趕在大王子做出反應之前,斐瑞先驚撥出聲。勾結“舊日神殿”、放任貴族和守舊黨打壓他們這些舊部,他還可以從大王子的邏輯中找出自己能夠理解的理由。但篡奪國王的執政權並軟禁國王的行為,他就完全沒辦法理解了。假死前,大王子曾是拉隆納多合理合法的王儲,如今二王子已逝,大王子的地位甚至比之前還要高,他已經是國王唯一的繼承人了。在這種時候對國王出手,對他沒有任何好處。國王也不是沒有放權給他,他就權慾薰心到這種程度,連讓自己的親生父親在王位上壽終正寢都等不及?
接收到斐瑞不可置信的眼神,大王子微不可察地攥了攥拳,旋即猛然抬頭跟克里斯對上視線:“你怎麼知道的?我對外明明一直……”

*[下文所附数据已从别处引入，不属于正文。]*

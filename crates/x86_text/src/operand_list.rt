//! What an instruction is written with, beside its name.

ghost use Rattle.std.specs.Prelude.{◌≡◌, ◌∷◌, [], Some};
ghost use Rattle.erim_defs.specs.Encoding.Notation.{notation_of, source_text, by_text, memory_text};
ghost use Rattle.erim_defs.specs.Encoding.Notation.{register_text};
ghost use Rattle.x86_text.specs.Operands.{operand_text, operand_texts};

use erim_defs::{By, Insn, Mem, Place, Src, Width};

/// An operand.
#[derive(Clone, Copy)]
pub enum Operand {
    /// A place.
    Place(Place),
    /// A number with a sign.
    Signed(i32),
    /// A number without one.
    Number(u64),
    /// The register CL.
    Cl,
}

/// The operands of an instruction.
#[derive(Clone, Copy)]
pub enum OperandList {
    None,
    One(Operand),
    Two(Operand, Operand),
    Three(Operand, Operand, Operand),
}

fn place_operand(place: Place) -> Operand
    ensures { result ≡ Operand.Place place }
{
    Operand::Place(place)
}

fn memory_operand(memory: Mem) -> Operand
    ensures { operand_text result ≡ memory_text memory }
{
    Operand::Place(Place::At(memory))
}

fn register_operand(number: u8) -> Operand
    ensures { operand_text result ≡ register_text number }
{
    Operand::Place(Place::Reg(number))
}

fn number_operand(number: u8) -> Operand
    ensures { result ≡ Operand.Number number }
{
    Operand::Number(u64::from(number))
}

fn source_operand(src: Src) -> Operand
    ensures { operand_text result ≡ source_text src }
{
    match src {
        Src::From(from) => place_operand(from),
        Src::Imm(number) => Operand::Signed(number),
    }
}

fn count_operand(by: By) -> Operand
    ensures { operand_text result ≡ by_text by }
{
    match by {
        By::Count(count) => number_operand(count),
        By::Cl => Operand::Cl,
    }
}

/// Does F0 stand before the instruction?
#[tactic(auto, unfolding(erim_defs::specs::Encoding::Notation::notation_of))]
pub fn is_locked(insn: &Insn) -> bool
    ensures { result ≡ (notation_of insn.now).lock }
{
    match *insn {
        Insn::Alu { lock, .. }
        | Insn::Xchg { lock, .. }
        | Insn::Unary { lock, .. }
        | Insn::Cmpxchg { lock, .. }
        | Insn::Xadd { lock, .. } => lock,
        _ => false,
    }
}

/// How many bytes the instruction works on, where that is written.
#[tactic(auto, unfolding(erim_defs::specs::Encoding::Notation::notation_of))]
pub fn insn_width(insn: &Insn) -> Option<Width>
    ensures { result ≡ (notation_of insn.now).width }
{
    match *insn {
        Insn::Alu { w, .. }
        | Insn::Test { w, .. }
        | Insn::Xchg { w, .. }
        | Insn::Mov { w, .. }
        | Insn::Lea { w, .. }
        | Insn::MovZx { w, .. }
        | Insn::MovSx { w, .. }
        | Insn::Imul { w, .. }
        | Insn::Widen { w }
        | Insn::Spread { w }
        | Insn::Shift { w, .. }
        | Insn::Unary { w, .. }
        | Insn::Cmov { w, .. }
        | Insn::Bt { w, .. }
        | Insn::Cmpxchg { w, .. }
        | Insn::Xadd { w, .. } => Some(w),
        _ => None,
    }
}

/// The operands, in the order of the instruction's fields.
#[tactic(auto, unfolding(erim_defs::specs::Encoding::Notation::notation_of))]
pub fn insn_operands(insn: &Insn) -> OperandList
    ensures { operand_texts result ≡ (notation_of insn.now).operands }
{
    use OperandList::{One, Three, Two};
    match *insn {
        Insn::Alu { dst, src, .. } | Insn::Mov { dst, src, .. } => Two(
            place_operand(dst),
            source_operand(src),
        ),
        Insn::Test { a, src, .. } => Two(place_operand(a), source_operand(src)),
        Insn::Xchg { a, r, .. } => Two(place_operand(a), place_operand(r)),
        Insn::Cmpxchg { dst, r, .. } | Insn::Xadd { dst, r, .. } => Two(
            place_operand(dst),
            place_operand(r),
        ),
        Insn::MovWide { r, imm } => Two(register_operand(r), Operand::Number(imm)),
        Insn::Lea { r, m, .. } => Two(register_operand(r), memory_operand(m)),
        Insn::Push { src } => One(source_operand(src)),
        Insn::Pop { r } => One(register_operand(r)),
        Insn::MovSxd { r, src } => Two(register_operand(r), place_operand(src)),
        Insn::MovZx { r, from, src, .. } | Insn::MovSx { r, from, src, .. } => Three(
            register_operand(r),
            number_operand(from),
            place_operand(src),
        ),
        Insn::Imul { r, a, b: None, .. } => Two(register_operand(r), place_operand(a)),
        Insn::Imul {
            r,
            a,
            b: Some(b),
            ..
        } => Three(register_operand(r), place_operand(a), Operand::Signed(b)),
        Insn::Jcc { c, rel } => Two(number_operand(c), Operand::Signed(rel)),
        Insn::Jmp { rel } | Insn::Call { rel } => One(Operand::Signed(rel)),
        Insn::JmpTo { to } | Insn::CallTo { to } => One(place_operand(to)),
        Insn::Shift { dst, by, .. } => Two(place_operand(dst), count_operand(by)),
        Insn::Unary { dst, .. } => One(place_operand(dst)),
        Insn::Cmov { c, r, src, .. } => Three(
            number_operand(c),
            register_operand(r),
            place_operand(src),
        ),
        Insn::Set { c, dst } => Two(number_operand(c), place_operand(dst)),
        Insn::Bt { a, bit, .. } => Two(place_operand(a), number_operand(bit)),
        Insn::Xrstor { m } => One(memory_operand(m)),
        Insn::Fence { kind } => One(number_operand(kind)),
        _ => OperandList::None,
    }
}
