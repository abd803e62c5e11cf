//! Puts bytes in place of others.

ghost use Rattle.std.specs.Prelude.{◌≡◌, ◌+◌, ◌≤◌, length};
ghost use Rattle.erim_defs.specs.Rewriting.NewFile.{with_bytes};

/// Puts bytes in place of those that stand at a place.
pub fn put_at(file: &mut [u8], place: usize, bytes: &[u8])
    requires { place + length bytes.now ≤ length file.old }
    ensures new { file.new ≡ with_bytes place bytes.now file.old }
    ensures length { length file.new ≡ length file.old }
{
    file[place..place + bytes.len()].copy_from_slice(bytes);
}
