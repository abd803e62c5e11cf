//! Writes instructions as text, in the notation of `erim_defs/specs/Notation`.
//!
//! `line` appends the line of an instruction at an address, which is `insn_line`, or changes
//! nothing where memory runs out. `erim disasm` calls it for each instruction of an image. It asks
//! nothing of the instruction: also one that no bytes encode has a line.
//! In the files: `names` and `operand_list` take an instruction apart into what `notation_of` has
//! of it, `operands` and `instruction` write that, and `lines` makes the line on the stack and then
//! appends it whole.
#![tactic(auto)]

mod instruction;
mod lines;
mod names;
mod operand_list;
mod operands;

pub use lines::line;
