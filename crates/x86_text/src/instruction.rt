//! Writes an instruction.

ghost use Rattle.std.specs.Prelude.{◌≡◌, ◌++◌, OnOk};
ghost use Rattle.erim_defs.specs.Encoding.Notation.{insn_text};

use crate::lines::Text;
use crate::names::{insn_name, lock_text, width_text};
use crate::operand_list::{insn_operands, insn_width, is_locked};
use crate::operands::put_operands;
use erim_defs::Insn;
use std::io::{Result, Write};

/// Appends an instruction.
#[tactic(auto, unfolding(erim_defs::specs::Encoding::Notation::insn_text))]
pub fn put_insn(text: &mut Text, insn: &Insn) -> Result<()>
    ensures { OnOk result (text.new.items ≡ text.old.items ++ insn_text insn.now) }
{
    let lock = lock_text(is_locked(insn));
    let name = insn_name(insn);
    let width = width_text(insn_width(insn));
    write!(text, "{lock}{name}{width}")?;
    put_operands(text, insn_operands(insn))
}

“您覺得外界不該有相應的訊息流傳。”克里斯微笑著抱起手臂。哪怕是在大火的炙烤下,哪怕斐瑞和大王子頭上都已經被蒸出了一層細密的汗珠,他的姿態依然從容。時間法術的代價使然,他的身體機能永遠停留在二十歲左右,以至於連出汗都變得困難。他就這樣面色平靜地笑著,然而在拉隆納多的大王子眼裡,他同某些恐怖故事裡能洞悉人心深處最隱秘的懼怖的幽靈無異:“的確,您的訊息封鎖工作做得很到位,外界沒有一丁點關於您軟禁了國王的訊息流出。但是,只要是個稍微有點政治敏感度的人,在接觸到一定的政府內幕後,都不可能看不出位元蘭近期的局勢異常。如果您頭上還有國王陛下壓著,您不會那麼輕易地拋棄傑拉德和一眾野法師。以我對您的瞭解,您雖然不是什麼絕頂聰明的人,但也沒蠢到那種程度。殿下,權力在手以後您自滿了。您做了錯誤的決策。”
大王子的嘴角和眉梢抽動了一下。
克里斯沒給他插話的機會:“原本我是想不到這些事的。您知道,我對拉隆納多的內政不感興趣,我並沒有在蘇門大陸建功立業的野心,所以也懶得動腦子考慮那些無關緊要的問題。但是,就在今天下午,被您騙去跟我交手的禁忌法師們給我帶了幾位新朋友。我聽他們提起拉隆納多的國王,才恍然想起國王陛下在您迴歸王室以後就變成了隱形人的問題。您猜那幾位先生為什麼會在我面前提起您的國王父親?”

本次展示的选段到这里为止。